**** Records provided
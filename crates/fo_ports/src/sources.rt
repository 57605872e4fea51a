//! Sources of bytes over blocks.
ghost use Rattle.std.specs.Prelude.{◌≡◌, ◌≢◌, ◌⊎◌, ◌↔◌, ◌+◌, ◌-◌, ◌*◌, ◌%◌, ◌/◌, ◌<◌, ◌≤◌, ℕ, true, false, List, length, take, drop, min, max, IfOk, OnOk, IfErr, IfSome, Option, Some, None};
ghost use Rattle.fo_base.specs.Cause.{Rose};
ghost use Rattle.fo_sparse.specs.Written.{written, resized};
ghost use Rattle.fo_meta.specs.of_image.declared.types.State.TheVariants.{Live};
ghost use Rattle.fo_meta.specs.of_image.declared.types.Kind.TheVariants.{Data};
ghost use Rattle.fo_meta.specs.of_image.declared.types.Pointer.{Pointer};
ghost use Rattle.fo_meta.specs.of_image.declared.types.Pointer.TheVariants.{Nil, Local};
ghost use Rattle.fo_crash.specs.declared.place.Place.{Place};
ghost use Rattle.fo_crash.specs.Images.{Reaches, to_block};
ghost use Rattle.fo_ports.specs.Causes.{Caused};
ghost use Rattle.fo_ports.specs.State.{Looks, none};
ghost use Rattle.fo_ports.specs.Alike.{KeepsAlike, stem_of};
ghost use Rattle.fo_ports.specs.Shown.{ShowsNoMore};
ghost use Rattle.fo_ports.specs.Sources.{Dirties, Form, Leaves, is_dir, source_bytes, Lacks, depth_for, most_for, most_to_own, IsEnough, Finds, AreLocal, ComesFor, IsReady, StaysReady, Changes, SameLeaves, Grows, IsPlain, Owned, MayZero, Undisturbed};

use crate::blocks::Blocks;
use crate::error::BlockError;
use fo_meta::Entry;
********
**** Records provided
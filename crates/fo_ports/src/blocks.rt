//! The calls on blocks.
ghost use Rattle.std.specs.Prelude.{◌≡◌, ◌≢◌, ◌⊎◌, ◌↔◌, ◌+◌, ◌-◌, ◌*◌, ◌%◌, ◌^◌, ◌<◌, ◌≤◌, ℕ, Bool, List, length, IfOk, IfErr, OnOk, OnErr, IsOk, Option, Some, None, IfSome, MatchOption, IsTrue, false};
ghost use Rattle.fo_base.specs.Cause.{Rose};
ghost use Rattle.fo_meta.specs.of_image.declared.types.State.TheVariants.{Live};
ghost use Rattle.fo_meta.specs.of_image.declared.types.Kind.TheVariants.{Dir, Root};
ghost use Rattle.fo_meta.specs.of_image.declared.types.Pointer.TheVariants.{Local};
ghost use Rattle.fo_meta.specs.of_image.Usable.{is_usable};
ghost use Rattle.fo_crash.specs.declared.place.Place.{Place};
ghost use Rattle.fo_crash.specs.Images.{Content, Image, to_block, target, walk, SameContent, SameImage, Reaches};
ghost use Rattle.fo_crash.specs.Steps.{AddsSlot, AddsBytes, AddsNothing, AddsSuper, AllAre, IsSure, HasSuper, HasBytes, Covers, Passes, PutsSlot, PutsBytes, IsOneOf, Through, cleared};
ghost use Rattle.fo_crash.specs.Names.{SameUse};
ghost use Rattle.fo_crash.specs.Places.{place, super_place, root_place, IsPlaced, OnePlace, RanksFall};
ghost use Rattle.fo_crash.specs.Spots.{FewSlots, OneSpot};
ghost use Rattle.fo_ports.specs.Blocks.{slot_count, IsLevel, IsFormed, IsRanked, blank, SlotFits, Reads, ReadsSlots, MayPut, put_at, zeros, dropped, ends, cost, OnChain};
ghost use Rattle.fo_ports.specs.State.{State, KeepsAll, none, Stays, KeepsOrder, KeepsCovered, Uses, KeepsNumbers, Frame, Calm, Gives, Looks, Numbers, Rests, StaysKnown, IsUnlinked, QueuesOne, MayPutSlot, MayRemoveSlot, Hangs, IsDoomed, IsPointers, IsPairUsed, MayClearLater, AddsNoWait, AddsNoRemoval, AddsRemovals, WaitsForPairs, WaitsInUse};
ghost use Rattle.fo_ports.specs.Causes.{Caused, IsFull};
********
§ **Task statement**
All that is wanted is an exact copy of the lines above from the one with "filename crates/fo_ports/src/sources.rt" through the one with "bytes over blocks.", with both ends included.

§ **Result**
filename crates/fo_ports/src/sources.rt
repository 57605872e4fea51a
//! Sources of bytes over blocks.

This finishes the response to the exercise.